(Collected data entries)

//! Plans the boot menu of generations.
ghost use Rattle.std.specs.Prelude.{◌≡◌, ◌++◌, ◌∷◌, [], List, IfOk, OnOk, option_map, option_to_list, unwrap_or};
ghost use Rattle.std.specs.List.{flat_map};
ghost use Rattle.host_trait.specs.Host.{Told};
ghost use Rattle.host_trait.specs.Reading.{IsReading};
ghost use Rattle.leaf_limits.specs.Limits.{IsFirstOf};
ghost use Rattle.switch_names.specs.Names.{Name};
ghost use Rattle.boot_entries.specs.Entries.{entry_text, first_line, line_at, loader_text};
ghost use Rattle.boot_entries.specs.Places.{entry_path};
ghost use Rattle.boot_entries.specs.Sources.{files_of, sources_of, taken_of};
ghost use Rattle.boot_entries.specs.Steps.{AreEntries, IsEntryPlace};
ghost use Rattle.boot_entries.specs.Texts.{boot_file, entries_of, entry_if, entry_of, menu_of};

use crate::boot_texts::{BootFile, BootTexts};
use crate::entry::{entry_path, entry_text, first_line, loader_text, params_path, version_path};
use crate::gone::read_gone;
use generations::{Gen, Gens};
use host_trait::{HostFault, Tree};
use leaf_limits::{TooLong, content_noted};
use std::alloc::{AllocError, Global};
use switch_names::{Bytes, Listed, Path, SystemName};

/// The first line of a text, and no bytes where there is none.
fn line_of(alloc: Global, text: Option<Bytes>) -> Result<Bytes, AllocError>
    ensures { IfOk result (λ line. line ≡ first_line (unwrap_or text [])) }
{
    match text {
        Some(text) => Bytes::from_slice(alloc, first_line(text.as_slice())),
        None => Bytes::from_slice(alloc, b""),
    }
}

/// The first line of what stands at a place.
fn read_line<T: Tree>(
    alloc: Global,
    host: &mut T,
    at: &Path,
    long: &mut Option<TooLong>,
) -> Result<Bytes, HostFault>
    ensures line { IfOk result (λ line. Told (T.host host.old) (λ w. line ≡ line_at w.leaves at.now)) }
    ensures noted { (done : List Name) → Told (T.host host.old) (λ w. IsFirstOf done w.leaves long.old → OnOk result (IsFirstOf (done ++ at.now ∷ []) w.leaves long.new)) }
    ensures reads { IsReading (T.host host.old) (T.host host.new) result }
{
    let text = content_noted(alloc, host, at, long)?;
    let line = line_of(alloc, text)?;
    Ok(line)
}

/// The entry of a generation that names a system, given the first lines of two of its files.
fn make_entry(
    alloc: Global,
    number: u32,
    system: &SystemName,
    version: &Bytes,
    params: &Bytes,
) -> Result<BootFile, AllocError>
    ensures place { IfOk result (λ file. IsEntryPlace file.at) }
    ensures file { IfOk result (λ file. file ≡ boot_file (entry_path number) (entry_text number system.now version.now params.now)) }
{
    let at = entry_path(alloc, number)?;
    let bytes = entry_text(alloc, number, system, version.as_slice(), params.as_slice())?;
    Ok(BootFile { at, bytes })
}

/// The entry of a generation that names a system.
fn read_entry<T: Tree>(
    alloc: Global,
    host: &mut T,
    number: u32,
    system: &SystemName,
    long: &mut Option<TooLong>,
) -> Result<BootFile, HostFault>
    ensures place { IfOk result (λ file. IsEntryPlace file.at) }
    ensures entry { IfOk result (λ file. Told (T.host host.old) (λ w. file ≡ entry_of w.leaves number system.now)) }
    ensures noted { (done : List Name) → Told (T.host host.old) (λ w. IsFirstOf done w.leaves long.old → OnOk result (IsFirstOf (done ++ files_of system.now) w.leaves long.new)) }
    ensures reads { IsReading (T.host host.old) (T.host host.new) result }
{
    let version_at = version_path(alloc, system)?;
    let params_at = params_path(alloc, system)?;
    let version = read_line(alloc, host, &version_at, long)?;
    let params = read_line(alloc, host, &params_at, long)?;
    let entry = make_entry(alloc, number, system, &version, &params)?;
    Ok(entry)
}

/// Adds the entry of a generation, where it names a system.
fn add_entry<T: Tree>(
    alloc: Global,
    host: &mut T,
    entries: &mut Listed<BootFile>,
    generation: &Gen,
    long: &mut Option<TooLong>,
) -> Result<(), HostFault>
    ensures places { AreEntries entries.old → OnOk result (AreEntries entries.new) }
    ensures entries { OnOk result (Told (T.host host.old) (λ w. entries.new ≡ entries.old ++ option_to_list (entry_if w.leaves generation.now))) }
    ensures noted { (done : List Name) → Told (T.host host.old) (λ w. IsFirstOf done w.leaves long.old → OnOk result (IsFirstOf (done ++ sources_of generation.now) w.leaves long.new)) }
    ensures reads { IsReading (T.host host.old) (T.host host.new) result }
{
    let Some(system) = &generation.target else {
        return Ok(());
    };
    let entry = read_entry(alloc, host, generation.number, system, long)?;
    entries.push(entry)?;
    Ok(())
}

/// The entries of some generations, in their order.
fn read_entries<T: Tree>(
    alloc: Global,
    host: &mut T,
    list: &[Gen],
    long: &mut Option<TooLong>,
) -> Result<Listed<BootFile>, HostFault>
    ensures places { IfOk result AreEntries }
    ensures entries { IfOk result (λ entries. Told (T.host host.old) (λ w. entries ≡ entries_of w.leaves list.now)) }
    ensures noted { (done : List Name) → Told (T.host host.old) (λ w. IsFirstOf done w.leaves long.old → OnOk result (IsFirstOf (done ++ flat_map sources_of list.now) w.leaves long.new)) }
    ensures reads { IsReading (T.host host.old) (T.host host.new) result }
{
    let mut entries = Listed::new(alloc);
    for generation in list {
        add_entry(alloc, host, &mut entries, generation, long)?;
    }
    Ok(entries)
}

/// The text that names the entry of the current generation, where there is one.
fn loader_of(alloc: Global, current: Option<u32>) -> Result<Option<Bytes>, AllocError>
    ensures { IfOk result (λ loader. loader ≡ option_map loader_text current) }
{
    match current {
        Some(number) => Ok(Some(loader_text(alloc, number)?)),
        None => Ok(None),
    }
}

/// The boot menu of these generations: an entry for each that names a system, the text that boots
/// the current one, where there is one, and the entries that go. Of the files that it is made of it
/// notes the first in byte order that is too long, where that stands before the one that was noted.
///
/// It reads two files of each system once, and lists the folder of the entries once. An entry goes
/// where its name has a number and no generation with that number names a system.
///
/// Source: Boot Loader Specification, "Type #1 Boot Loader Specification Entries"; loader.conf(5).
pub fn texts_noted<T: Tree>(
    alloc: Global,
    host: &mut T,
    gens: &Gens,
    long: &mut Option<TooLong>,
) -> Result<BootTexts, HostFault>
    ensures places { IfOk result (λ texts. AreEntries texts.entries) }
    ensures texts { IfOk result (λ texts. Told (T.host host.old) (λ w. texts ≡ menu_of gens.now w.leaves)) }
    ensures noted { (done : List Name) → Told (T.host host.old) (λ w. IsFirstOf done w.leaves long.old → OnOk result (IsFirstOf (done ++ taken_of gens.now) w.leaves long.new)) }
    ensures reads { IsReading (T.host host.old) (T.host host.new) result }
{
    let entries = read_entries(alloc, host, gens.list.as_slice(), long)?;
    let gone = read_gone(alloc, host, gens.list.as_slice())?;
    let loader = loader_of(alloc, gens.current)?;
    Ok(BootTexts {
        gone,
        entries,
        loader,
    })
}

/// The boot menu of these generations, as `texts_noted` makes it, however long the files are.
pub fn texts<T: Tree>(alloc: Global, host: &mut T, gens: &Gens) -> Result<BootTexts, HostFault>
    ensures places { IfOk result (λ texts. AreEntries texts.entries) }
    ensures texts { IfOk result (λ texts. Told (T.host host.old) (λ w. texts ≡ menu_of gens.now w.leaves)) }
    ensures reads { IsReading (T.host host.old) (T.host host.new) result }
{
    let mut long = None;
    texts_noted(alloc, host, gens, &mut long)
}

Your instructions:
Lines from the one containing "the files are." through the end of the entries above must be copied exactly; include both ends and no other lines.

Written solution:
/// The boot menu of these generations, as `texts_noted` makes it, however long the files are.
pub fn texts<T: Tree>(alloc: Global, host: &mut T, gens: &Gens) -> Result<BootTexts, HostFault>
    ensures places { IfOk result (λ texts. AreEntries texts.entries) }
    ensures texts { IfOk result (λ texts. Told (T.host host.old) (λ w. texts ≡ menu_of gens.now w.leaves)) }
    ensures reads { IsReading (T.host host.old) (T.host host.new) result }
{
    let mut long = None;
    texts_noted(alloc, host, gens, &mut long)
}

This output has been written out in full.